Mine work awesome out of the package. But I have 4 inch vanes.


----------



## PRO_DO (Jul 31, 2012)

Any more? I hate the thought of moving my rest as I am nuts about how my bow is tuned...


----------



## Tyler/MN (Jun 4, 2010)

Try the standards I had trouble getting the mags to shoot true to feild points also ad tryed standards and flew perfect without changing anything 


Sent from iPhone


----------



## Ches (Aug 3, 2009)

PRO_DO said:


> Okay, I shoot a pse evo, 65lbs, 27.5 draw, carbon express mayhem arrows, and nap quick fletch with a 3 degree helical. My bow is dead nuts tuned out to 50 yards...shooting awesome groups. But when I throw a slick trick on, they sometimes fly high, or to the right. I really wanna learn how to broadhead tune so they fly the same with my field points, but I DON'T want to tune for a broadhead and only a broadhead. Any input would be great...so stressed


If you want to know how to tune (I am still learning) you will need to move your rest or nock point if everyhing else is correct. make adjustments to the tip of the arrow in the dirrection you want the FBBH to move. If you are hitting right, move it left, if it is hitting high, move rest down or nock point up. A little goes a long way, some times a hair width is all you need, I would rather have to move it twice than to over correct and fight to go back the other way. I also move one direction at a time, not vertical and horizontal at same time. Good luck.

Ches.


----------



## threetoe (May 13, 2011)

If you are shooting over 280 FPS..all bets are off.
Generally speaking if you are shooting beyond 270fps, don't waste your time with head with cutting diameters larger than 1 3/16 - inch and that have blades longer than 3/4 - inch. Fast arrows just do better with smaller broadheads.


----------



## Ches (Aug 3, 2009)

threetoe said:


> If you are shooting over 280 FPS..all bets are off.


The world is flat and they will never fly faster than the speed of sound....


----------



## PRO_DO (Jul 31, 2012)

Okay, I don't understand whT you guys are talking about when you say to move your rest and nocking point.? Once a bow is tuned, then it's perfect. Arrows are flying completely straight out of the bow, that is the definition of a "good tune". That being said, if you move your rest or nocking point, your set up is no longer "in tune" you guys know what I'm saying?


----------



## PRO_DO (Jul 31, 2012)

And I have tried that method, and then I talked to the local pro shop guy (state champ for 4 consecutive years) and he said anyone who tells you to move your rest is crazy. Once the bow is in tune, leave it alone, he said. I am not calling anyone out on their methods, I'm just repeating what I've been told from a very trustworthy archer.


----------



## ozarksbuckslaye (Jul 24, 2008)

PRO_DO said:


> Okay, I don't understand whT you guys are talking about when you say to move your rest and nocking point.? Once a bow is tuned, then it's perfect. Arrows are flying completely straight out of the bow, that is the definition of a "good tune". That being said, if you move your rest or nocking point, your set up is no longer "in tune" you guys know what I'm saying?

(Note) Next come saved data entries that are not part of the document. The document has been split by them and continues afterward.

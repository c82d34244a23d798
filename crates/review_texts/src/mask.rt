//! Masks.

use sudo_grammar::Unsupported;
use sudo_text::Seq;

/// What a line is refused for that can be masked.
#[derive(Clone, Copy, Debug, PartialEq, Eq)]
pub enum Form {
    /// A form that is refused by name.
    Named(Unsupported),
    /// An IPv6 address in a list of hosts, which is refused as a syntax error.
    Ipv6,
}

/// A form that can be masked, its span, the bytes of the line's text from `start` up to `end`, and what
/// stands in its place.
#[derive(Debug, Drop, PartialEq, Eq)]
pub struct Mask {
    pub form: Form,
    pub start: usize,
    pub end: usize,
    pub put: Seq<u8>,
}
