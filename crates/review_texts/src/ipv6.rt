//! IPv6 addresses, and the hosts that have them.
ghost use Rattle.std.specs.Prelude.{◌≡◌, ◌≤◌, ◌<◌, ◌+◌, ◌-◌, ◌++◌, ◌==◌, [], IfOk, IfSome, OnOk, Some, count_by, length, replicate};
ghost use Rattle.std.specs.List.{list_any, take_while};
ghost use Rattle.std.specs.Str.{bytes_eq};
ghost use Rattle.sudo_text.specs.Bytes as bytes;
ghost use Rattle.review_texts.specs.Ipv6 as spec;

use crate::bytes::{begins_defaults, from, front, is_blank, is_digit, is_hex, is_text, peek};
use crate::netgroups::{Members, ends_item, host_text, nobody, push_member};
use std::alloc::{AllocError, Global};
use sudo_text::Seq;

/// An IPv6 address or a network as a member of a list of hosts.
#[derive(Clone, Copy, Debug, PartialEq, Eq)]
pub enum Ipv6Member {
    Address(u128),
    /// An address of the network, and the length of its prefix.
    Network(u128, u8),
}

/// An IPv6 address of a host, and the length of the prefix of its network.
#[derive(Debug, Drop)]
pub struct HostAddress {
    pub host: Seq<u8>,
    pub address: u128,
    pub len: u8,
}

// Returns the value of a hexadecimal digit, or 0 of another byte.
fn hex_value(byte: u8) -> u16
    ensures value { result ≡ bytes.hex_value byte }
    ensures small { result < 16 }
{
    if b'0' <= byte && byte <= b'9' {
        (byte - b'0') as u16
    } else if b'a' <= byte && byte <= b'f' {
        (byte - b'a' + 10) as u16
    } else if b'A' <= byte && byte <= b'F' {
        (byte - b'A' + 10) as u16
    } else {
        0
    }
}

// Returns the groups of a text with a byte, if it is such groups.
fn groups_in(alloc: Global, text: &[u8]) -> Result<Option<Seq<u16>>, AllocError>
    ensures { IfOk result (λ groups. groups ≡ spec.groups_after [] 0 0 text.now) }
{
    let mut done = Seq::new(alloc);
    let mut count: u8 = 0;
    let mut value: u16 = 0;
    let mut left = text;
    while let Some((byte, rest)) = left.split_first() {
        if *byte == b':' {
            if count == 0 {
                return Ok(None);
            }
            done.push(value)?;
            count = 0;
            value = 0;
        } else {
            if !is_hex(*byte) {
                return Ok(None);
            }
            if count >= 4 {
                return Ok(None);
            }
            value = 16 * value + hex_value(*byte);
            count += 1;
        }
        left = rest;
    }
    if count == 0 {
        return Ok(None);
    }
    done.push(value)?;
    Ok(Some(done))
}

// Returns the groups of a text, if it is groups with a colon between two.
fn groups_of(alloc: Global, text: &[u8]) -> Result<Option<Seq<u16>>, AllocError>
    ensures { IfOk result (λ groups. groups ≡ spec.groups_of text.now) }
{
    if text.is_empty() {
        return Ok(Some(Seq::new(alloc)));
    }
    groups_in(alloc, text)
}

// Returns the value of four groups from a place on.
fn value_at(groups: &[u16], at: usize) -> u64
    requires { at + 4 ≤ length groups.now }
    ensures { result ≡ spec.value_at groups.now at }
{
    (1 << 48) * (groups[at] as u64)
        + (1 << 32) * (groups[at + 1] as u64)
        + (1 << 16) * (groups[at + 2] as u64)
        + groups[at + 3] as u64
}

// Returns the value of eight groups.
fn value_of(groups: &[u16]) -> Option<u128>
    ensures { result ≡ spec.value_of groups.now }
{
    if groups.len() != 8 {
        return None;
    }
    Some((1 << 64) * (value_at(groups, 0) as u128) + value_at(groups, 4) as u128)
}

// Returns so many groups of zeros.
fn zeros(alloc: Global, count: usize) -> Result<Seq<u16>, AllocError>
    ensures { IfOk result (λ groups. groups ≡ replicate count 0) }
{
    let mut groups = Vec::new(alloc);
    groups.resize(count, 0)?;
    Ok(Seq::from_vec(groups))
}

// Returns the groups before and behind `::`, with so many groups of zeros between them.
fn with_zeros(
    alloc: Global,
    front: &[u16],
    count: usize,
    back: &[u16],
) -> Result<Seq<u16>, AllocError>
    ensures { IfOk result (λ groups. groups ≡ front.now ++ replicate count 0 ++ back.now) }
{
    let mut groups = Seq::from_slice(alloc, front)?;
    groups.append(zeros(alloc, count)?)?;
    groups.extend_from_slice(back)?;
    Ok(groups)
}

// Returns the value of the groups before and behind `::`.
fn filled(alloc: Global, front: &[u16], back: &[u16]) -> Result<Option<u128>, AllocError>
    ensures { IfOk result (λ value. value ≡ spec.filled (Some front.now) (Some back.now)) }
{
    if front.len() + back.len() >= 8 {
        return Ok(None);
    }
    let groups = with_zeros(alloc, front, 8 - (front.len() + back.len()), back)?;
    Ok(value_of(groups.as_slice()))
}

// Returns the offset of the first `::`, or the length of a text without one.
fn gap_at(text: &[u8]) -> usize
    ensures gap { result ≡ spec.gap_at text.now }
    ensures within { result ≤ length text.now }
{
    let mut at = 0;
    let mut left = text;
    while let Some((_, rest)) = left.split_first() {
        if left.starts_with(b"::") {
            return at;
        }
        at += 1;
        left = rest;
    }
    at
}

/// Returns the IPv6 address that a text is, if it is one. Returns `AllocError` if allocation fails.
pub fn address_of(alloc: Global, text: &[u8]) -> Result<Option<u128>, AllocError>
    ensures { IfOk result (λ address. address ≡ spec.address_of text.now) }
{
    let gap = gap_at(text);
    if gap >= text.len() {
        return match groups_of(alloc, text)? {
            Some(groups) => Ok(value_of(groups.as_slice())),
            None => Ok(None),
        };
    }
    let Some(before) = groups_of(alloc, &text[..gap])? else {
        return Ok(None);
    };
    let Some(behind) = groups_of(alloc, from(text, gap + 2))? else {
        return Ok(None);
    };
    filled(alloc, before.as_slice(), behind.as_slice())
}

// Returns the value of a decimal digit, or another number of another byte.
fn digit_value(byte: u8) -> u32
    ensures value { result ≡ byte - 48 }
    ensures small { result < 256 }
{
    byte.saturating_sub(b'0') as u32
}

// Returns the number that one to three digits are, without a zero before another digit.
fn number_of(digits: &[u8]) -> Option<u32>
    ensures { result ≡ spec.number_of digits.now }
{
    match digits {
        [] => None,
        [a] => Some(digit_value(*a)),
        [b'0', _] => None,
        [a, b] => Some(10 * digit_value(*a) + digit_value(*b)),
        [b'0', _, _] => None,
        [a, b, c] => { Some(100 * digit_value(*a) + 10 * digit_value(*b) + digit_value(*c)) }
        [_, _, _, _, ..] => None,
    }
}

/// Returns the length of a prefix that digits are, if they are one of at most 128, without a zero before another digit.
pub fn prefix_of(digits: &[u8]) -> Option<u8>
    ensures prefix { result ≡ spec.prefix_of digits.now }
    ensures small { IfSome result (λ len. len ≤ 128) }
{
    let number = number_of(digits)?;
    if number <= 128 {
        Some(number as u8)
    } else {
        None
    }
}

// Returns the number of the network of an address.
fn network_of(len: u8, address: u128) -> u128
    ensures { result ≡ spec.network_of len address }
{
    if len == 0 {
        return 0;
    }
    if len >= 128 {
        return address;
    }
    let size: u128 = 1 << (128 - len);
    address - address % size
}

/// Whether the address of a host matches a member.
pub fn matches(member: Ipv6Member, known: &HostAddress) -> bool
    ensures { result ≡ spec.matches member known.now }
{
    if known.address <= 1 {
        return false;
    }
    match member {
        Ipv6Member::Address(address) => {
            known.address == address || network_of(known.len, known.address) == address
        }
        Ipv6Member::Network(address, len) => {
            len > 0 && network_of(len, known.address) == network_of(len, address)
        }
    }
}

// Whether a host is one of these.
fn is_among(hosts: &[Seq<u8>], host: &[u8]) -> bool
    ensures { result ≡ list_any (λ other. bytes_eq other host.now) hosts.now }
{
    hosts.iter().any(|other| is_text(other.as_slice(), host))
}

// Appends the host of an address which matches a member, if it is not one of these hosts.
fn push_host(
    alloc: Global,
    member: Ipv6Member,
    known: &HostAddress,
    hosts: &mut Seq<Seq<u8>>,
) -> Result<(), AllocError>
    ensures { OnOk result (hosts.new ≡ spec.with_host member hosts.old known.now) }
{
    if matches(member, known) && !is_among(hosts.as_slice(), known.host.as_slice()) {
        hosts.push(Seq::from_slice(alloc, known.host.as_slice())?)?;
    }
    Ok(())
}

// Returns the hosts that have an address which matches a member, each once.
fn hosts_of(
    alloc: Global,
    known: &[HostAddress],
    member: Ipv6Member,
) -> Result<Seq<Seq<u8>>, AllocError>
    ensures { IfOk result (λ hosts. hosts ≡ spec.hosts_of known.now member) }
{
    let mut hosts = Seq::new(alloc);
    let mut left = known;
    while let Some((first, rest)) = left.split_first() {
        push_host(alloc, member, first, &mut hosts)?;
        left = rest;
    }
    Ok(hosts)
}

// Returns the list of hosts as members, each but the first behind a comma and a sign.
fn members_of(alloc: Global, sign: &[u8], hosts: &[Seq<u8>]) -> Result<Seq<u8>, AllocError>
    ensures { IfOk result (λ list. list ≡ spec.members_of sign.now hosts.now) }
{
    let mut list = Seq::new(alloc);
    let mut left = hosts;
    while let Some((host, rest)) = left.split_first() {
        push_member(sign, host_text(alloc, host.as_slice())?, &mut list)?;
        left = rest;
    }
    Ok(list)
}

/// Returns the list that stands for a member: the hosts that have it, each but the first behind a comma and a sign, or one that nothing
/// is. Returns `AllocError` if allocation fails.
pub(crate) fn host_list(
    alloc: Global,
    known: &[HostAddress],
    sign: &[u8],
    member: Ipv6Member,
) -> Result<Seq<u8>, AllocError>
    ensures { IfOk result (λ list. list ≡ spec.host_list known.now sign.now member) }
{
    let hosts = hosts_of(alloc, known, member)?;
    let list = members_of(alloc, sign, hosts.as_slice())?;
    if list.is_empty() {
        return Seq::from_slice(alloc, nobody(Members::Hosts));
    }
    Ok(list)
}

// Whether a byte is one of an IPv6 address.
fn is_ipv6_byte(byte: u8) -> bool
    ensures { result ≡ spec.is_ipv6_byte byte }
{
    is_hex(byte) || byte == b':'
}

// Returns the number of bytes of an address that begin a text.
fn run_len(text: &[u8]) -> usize
    ensures len { result ≡ length (take_while spec.is_ipv6_byte text.now) }
    ensures within { result ≤ length text.now }
{
    text.iter().take_while(|byte| is_ipv6_byte(**byte)).count()
}

// Returns the number of digits that begin a text.
fn digit_count(text: &[u8]) -> usize
    ensures len { result ≡ length (take_while bytes.is_digit text.now) }
    ensures within { result ≤ length text.now }
{
    text.iter().take_while(|byte| is_digit(**byte)).count()
}

// Returns the bytes of an address that begin a text.
fn run_of(text: &[u8]) -> &[u8]
    ensures { result.now ≡ take_while spec.is_ipv6_byte text.now }
{
    front(text, run_len(text))
}

// Returns the digits that begin a text.
fn digits_of(text: &[u8]) -> &[u8]
    ensures { result.now ≡ take_while bytes.is_digit text.now }
{
    front(text, digit_count(text))
}

// Returns the address at an offset.
fn run_at(text: &[u8], at: usize) -> &[u8]
    ensures { result.now ≡ spec.run_at text.now at }
{
    run_of(from(text, at))
}

// Returns the offset behind it.
fn run_end(text: &[u8], at: usize) -> usize
    requires { at ≤ length text.now }
    ensures end { result ≡ spec.run_end text.now at }
    ensures within { result ≤ length text.now }
{
    at + run_len(from(text, at))
}

// Whether a slash stands behind it.
fn has_slash(text: &[u8], at: usize) -> bool
    requires { at ≤ length text.now }
    ensures { result ≡ spec.has_slash text.now at }
{
    peek(text, run_end(text, at)) == b'/'
}

// Returns the digits behind a slash behind it.
fn digits_at(text: &[u8], at: usize) -> &[u8]
    requires { at ≤ length text.now }
    ensures { result.now ≡ spec.digits_at text.now at }
{
    digits_of(from(text, run_end(text, at) + 1))
}

/// Returns the offset behind the member at an offset.
pub(crate) fn ipv6_end(text: &[u8], at: usize) -> usize
    requires { at ≤ length text.now }
    ensures { result ≡ spec.ipv6_end text.now at }
{
    let end = run_end(text, at);
    if has_slash(text, at) {
        end + 1 + digits_at(text, at).len()
    } else {
        end
    }
}

/// Returns the member at an offset, if an address or a network is spelled there. Returns `AllocError` if allocation fails.
pub(crate) fn member_at(
    alloc: Global,
    text: &[u8],
    at: usize,
) -> Result<Option<Ipv6Member>, AllocError>
    requires { at ≤ length text.now }
    ensures { IfOk result (λ member. member ≡ spec.member_at text.now at) }
{
    let Some(address) = address_of(alloc, run_at(text, at))? else {
        return Ok(None);
    };
    if !has_slash(text, at) {
        return Ok(Some(Ipv6Member::Address(address)));
    }
    match prefix_of(digits_at(text, at)) {
        Some(len) => Ok(Some(Ipv6Member::Network(address, len))),
        None => Ok(None),
    }
}

// Whether a host may begin behind a byte.
fn lets_host_begin(byte: u8) -> bool
    ensures { result ≡ spec.lets_host_begin byte }
{
    is_blank(byte) || byte == b',' || byte == b'=' || byte == b'!' || byte == b'@'
}

// Returns the number of colons of a text.
fn colon_count(text: &[u8]) -> usize
    ensures { result ≡ count_by (λ b. b == 58) text.now }
{
    text.iter().filter(|byte| **byte == b':').count()
}

/// Whether the bytes of an address or a network stand at an offset, and nothing else of an item before or behind them.
#[tactic(auto, unfolding(crate::specs::Ipv6::spells_ipv6))]
pub(crate) fn spells_ipv6(text: &[u8], at: usize) -> bool
    requires { at ≤ length text.now }
    ensures { result ≡ spec.spells_ipv6 text.now at }
{
    is_ipv6_byte(peek(text, at))
        && lets_host_begin(peek(text, at.saturating_sub(1)))
        && ends_item(text, ipv6_end(text, at))
        && colon_count(run_at(text, at)) <= 7
        && !(begins_defaults(text) && peek(text, at) == b':')
}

We understand what you're saying but what it is you're not understanding is that your bow isn't in perfect tune. Know what I'm saying? lol



PRO_DO said:


> And I have tried that method, and then I talked to the local pro shop guy (state champ for 4 consecutive years) and he said anyone who tells you to move your rest is crazy. Once the bow is in tune, leave it alone, he said. I am not calling anyone out on their methods, I'm just repeating what I've been told from a very trustworthy archer.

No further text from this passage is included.